Exercise details: Every line of the material below that contains the string "elements" must appear in the answer.

Supplied information:
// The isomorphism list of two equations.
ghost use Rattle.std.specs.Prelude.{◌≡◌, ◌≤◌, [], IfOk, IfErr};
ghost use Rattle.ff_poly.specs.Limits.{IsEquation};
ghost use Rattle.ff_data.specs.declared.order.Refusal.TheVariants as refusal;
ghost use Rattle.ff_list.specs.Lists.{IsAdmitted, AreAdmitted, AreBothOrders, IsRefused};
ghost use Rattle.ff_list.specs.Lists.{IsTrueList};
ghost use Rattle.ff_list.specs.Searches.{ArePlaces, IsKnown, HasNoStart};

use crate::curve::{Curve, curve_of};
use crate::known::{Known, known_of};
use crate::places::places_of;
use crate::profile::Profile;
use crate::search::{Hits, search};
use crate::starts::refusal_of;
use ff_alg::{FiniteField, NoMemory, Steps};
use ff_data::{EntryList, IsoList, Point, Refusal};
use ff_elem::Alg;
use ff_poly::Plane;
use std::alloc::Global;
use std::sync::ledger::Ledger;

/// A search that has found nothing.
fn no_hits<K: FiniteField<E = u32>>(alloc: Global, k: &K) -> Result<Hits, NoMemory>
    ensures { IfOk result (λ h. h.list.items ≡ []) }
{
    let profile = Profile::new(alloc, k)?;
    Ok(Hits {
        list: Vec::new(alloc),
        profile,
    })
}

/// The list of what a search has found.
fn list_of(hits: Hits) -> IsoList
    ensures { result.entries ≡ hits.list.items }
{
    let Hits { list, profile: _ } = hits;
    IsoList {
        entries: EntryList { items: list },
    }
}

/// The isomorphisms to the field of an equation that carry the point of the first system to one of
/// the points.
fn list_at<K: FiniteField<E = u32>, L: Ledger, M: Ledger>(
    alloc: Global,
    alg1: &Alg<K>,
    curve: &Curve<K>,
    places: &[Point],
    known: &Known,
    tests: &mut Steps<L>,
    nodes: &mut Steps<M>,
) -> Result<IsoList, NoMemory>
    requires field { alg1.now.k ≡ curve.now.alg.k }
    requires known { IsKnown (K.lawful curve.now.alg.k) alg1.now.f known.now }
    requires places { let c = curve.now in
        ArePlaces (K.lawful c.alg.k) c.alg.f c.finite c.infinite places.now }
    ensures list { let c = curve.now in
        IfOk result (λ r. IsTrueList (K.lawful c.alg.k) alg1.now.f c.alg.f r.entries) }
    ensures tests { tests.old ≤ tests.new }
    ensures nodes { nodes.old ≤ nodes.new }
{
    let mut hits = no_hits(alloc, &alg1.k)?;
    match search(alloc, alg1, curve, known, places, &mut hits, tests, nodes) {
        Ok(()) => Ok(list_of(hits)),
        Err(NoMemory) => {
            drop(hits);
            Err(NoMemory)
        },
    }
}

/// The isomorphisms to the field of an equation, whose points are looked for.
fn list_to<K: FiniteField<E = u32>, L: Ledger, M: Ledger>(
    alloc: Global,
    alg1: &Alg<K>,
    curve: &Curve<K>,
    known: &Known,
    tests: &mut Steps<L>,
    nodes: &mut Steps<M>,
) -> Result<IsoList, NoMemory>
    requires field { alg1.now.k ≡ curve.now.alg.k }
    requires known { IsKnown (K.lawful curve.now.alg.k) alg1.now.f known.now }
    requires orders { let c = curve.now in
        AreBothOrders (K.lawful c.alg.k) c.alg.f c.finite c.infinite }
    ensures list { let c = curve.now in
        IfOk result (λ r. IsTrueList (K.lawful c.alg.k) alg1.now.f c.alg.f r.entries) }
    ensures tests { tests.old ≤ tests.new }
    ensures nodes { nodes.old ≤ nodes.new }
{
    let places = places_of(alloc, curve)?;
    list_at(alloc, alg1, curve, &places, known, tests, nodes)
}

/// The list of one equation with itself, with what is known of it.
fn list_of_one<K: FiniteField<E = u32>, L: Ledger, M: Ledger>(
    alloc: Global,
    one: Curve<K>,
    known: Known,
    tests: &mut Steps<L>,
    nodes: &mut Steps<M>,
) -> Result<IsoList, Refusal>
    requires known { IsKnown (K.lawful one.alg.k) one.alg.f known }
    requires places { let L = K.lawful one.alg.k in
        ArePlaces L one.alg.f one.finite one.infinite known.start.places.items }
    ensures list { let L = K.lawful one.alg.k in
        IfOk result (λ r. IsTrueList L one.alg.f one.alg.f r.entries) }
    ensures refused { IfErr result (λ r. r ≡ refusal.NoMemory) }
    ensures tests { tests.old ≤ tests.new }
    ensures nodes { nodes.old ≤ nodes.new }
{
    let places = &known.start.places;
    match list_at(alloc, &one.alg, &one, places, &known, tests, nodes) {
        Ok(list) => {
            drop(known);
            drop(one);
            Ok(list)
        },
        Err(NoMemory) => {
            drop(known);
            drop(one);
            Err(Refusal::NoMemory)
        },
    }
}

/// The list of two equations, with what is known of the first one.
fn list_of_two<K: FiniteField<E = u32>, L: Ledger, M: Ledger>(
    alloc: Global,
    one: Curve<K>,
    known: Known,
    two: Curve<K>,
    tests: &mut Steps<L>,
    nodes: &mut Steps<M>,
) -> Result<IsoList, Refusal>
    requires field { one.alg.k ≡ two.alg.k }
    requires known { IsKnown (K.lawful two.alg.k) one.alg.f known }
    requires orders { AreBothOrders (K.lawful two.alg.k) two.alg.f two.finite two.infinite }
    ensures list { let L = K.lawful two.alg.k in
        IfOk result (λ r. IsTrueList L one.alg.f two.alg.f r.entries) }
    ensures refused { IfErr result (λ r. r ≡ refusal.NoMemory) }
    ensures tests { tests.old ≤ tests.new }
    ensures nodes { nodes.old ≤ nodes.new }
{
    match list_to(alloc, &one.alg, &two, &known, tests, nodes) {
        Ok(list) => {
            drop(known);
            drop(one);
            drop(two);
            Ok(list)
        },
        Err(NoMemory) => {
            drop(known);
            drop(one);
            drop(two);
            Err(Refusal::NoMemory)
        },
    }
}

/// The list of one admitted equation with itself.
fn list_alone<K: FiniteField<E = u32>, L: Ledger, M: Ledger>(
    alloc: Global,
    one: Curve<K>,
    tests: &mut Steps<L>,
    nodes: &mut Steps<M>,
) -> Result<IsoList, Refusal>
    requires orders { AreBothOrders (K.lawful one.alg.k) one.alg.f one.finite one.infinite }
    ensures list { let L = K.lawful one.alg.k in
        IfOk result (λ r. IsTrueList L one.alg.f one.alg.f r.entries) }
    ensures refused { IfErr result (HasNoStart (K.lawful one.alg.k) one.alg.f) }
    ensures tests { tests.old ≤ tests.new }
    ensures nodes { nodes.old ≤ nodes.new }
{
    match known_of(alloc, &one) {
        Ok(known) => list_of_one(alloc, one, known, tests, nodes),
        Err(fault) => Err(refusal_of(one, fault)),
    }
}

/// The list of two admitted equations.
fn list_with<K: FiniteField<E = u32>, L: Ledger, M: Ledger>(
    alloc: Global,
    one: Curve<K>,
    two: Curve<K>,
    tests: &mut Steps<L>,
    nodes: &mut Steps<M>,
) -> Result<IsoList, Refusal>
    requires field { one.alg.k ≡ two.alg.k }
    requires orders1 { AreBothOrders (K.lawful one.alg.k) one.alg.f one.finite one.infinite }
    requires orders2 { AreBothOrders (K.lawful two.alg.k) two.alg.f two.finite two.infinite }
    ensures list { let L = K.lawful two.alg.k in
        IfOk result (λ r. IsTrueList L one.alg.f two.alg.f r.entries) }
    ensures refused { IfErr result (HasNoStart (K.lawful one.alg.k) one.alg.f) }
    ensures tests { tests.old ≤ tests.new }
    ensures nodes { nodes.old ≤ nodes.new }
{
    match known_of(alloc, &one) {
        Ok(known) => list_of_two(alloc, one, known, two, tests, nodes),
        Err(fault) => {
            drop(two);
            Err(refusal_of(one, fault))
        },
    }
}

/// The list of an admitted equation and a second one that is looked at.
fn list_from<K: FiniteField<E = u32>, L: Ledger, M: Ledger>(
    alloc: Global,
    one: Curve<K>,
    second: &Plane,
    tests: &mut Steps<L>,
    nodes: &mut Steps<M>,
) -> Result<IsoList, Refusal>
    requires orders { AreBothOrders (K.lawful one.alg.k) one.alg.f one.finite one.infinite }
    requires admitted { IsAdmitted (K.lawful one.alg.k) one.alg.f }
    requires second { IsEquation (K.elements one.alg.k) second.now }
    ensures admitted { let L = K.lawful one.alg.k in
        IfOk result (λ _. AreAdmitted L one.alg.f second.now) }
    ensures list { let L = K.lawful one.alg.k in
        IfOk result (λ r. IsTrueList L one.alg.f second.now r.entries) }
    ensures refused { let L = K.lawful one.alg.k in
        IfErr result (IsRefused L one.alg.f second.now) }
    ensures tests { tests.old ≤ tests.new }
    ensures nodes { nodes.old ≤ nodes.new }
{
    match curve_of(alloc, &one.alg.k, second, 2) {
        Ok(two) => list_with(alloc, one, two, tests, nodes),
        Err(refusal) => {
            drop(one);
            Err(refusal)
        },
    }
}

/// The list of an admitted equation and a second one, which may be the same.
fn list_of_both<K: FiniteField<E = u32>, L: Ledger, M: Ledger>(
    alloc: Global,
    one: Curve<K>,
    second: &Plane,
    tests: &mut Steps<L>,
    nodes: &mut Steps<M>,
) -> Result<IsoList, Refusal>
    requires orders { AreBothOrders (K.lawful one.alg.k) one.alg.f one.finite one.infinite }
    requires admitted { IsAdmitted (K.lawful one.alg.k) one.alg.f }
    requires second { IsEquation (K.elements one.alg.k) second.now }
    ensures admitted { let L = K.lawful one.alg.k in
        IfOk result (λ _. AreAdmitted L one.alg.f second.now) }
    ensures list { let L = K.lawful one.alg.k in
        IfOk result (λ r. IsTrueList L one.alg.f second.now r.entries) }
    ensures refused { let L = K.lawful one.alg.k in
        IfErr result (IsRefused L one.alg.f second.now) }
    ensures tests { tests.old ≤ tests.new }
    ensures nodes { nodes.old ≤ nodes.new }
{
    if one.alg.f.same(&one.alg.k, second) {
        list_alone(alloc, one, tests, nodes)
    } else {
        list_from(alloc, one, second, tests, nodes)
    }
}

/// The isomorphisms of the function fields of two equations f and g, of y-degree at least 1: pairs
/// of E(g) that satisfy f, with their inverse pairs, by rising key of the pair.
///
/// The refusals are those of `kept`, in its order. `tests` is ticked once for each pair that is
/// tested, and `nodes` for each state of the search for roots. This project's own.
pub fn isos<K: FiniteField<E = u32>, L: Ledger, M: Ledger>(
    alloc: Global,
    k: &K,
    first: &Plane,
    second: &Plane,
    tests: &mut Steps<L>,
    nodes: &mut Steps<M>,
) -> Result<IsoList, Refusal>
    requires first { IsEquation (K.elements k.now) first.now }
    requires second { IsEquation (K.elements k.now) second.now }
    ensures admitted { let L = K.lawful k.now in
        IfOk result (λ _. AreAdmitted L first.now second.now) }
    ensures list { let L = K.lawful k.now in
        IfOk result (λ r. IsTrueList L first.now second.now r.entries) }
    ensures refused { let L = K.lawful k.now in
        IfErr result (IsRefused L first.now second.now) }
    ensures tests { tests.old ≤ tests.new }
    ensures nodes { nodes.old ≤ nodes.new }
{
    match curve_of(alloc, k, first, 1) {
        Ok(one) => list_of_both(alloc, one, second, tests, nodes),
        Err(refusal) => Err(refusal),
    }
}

Response area:
    requires second { IsEquation (K.elements one.alg.k) second.now }
    requires second { IsEquation (K.elements one.alg.k) second.now }
    requires first { IsEquation (K.elements k.now) first.now }
    requires second { IsEquation (K.elements k.now) second.now }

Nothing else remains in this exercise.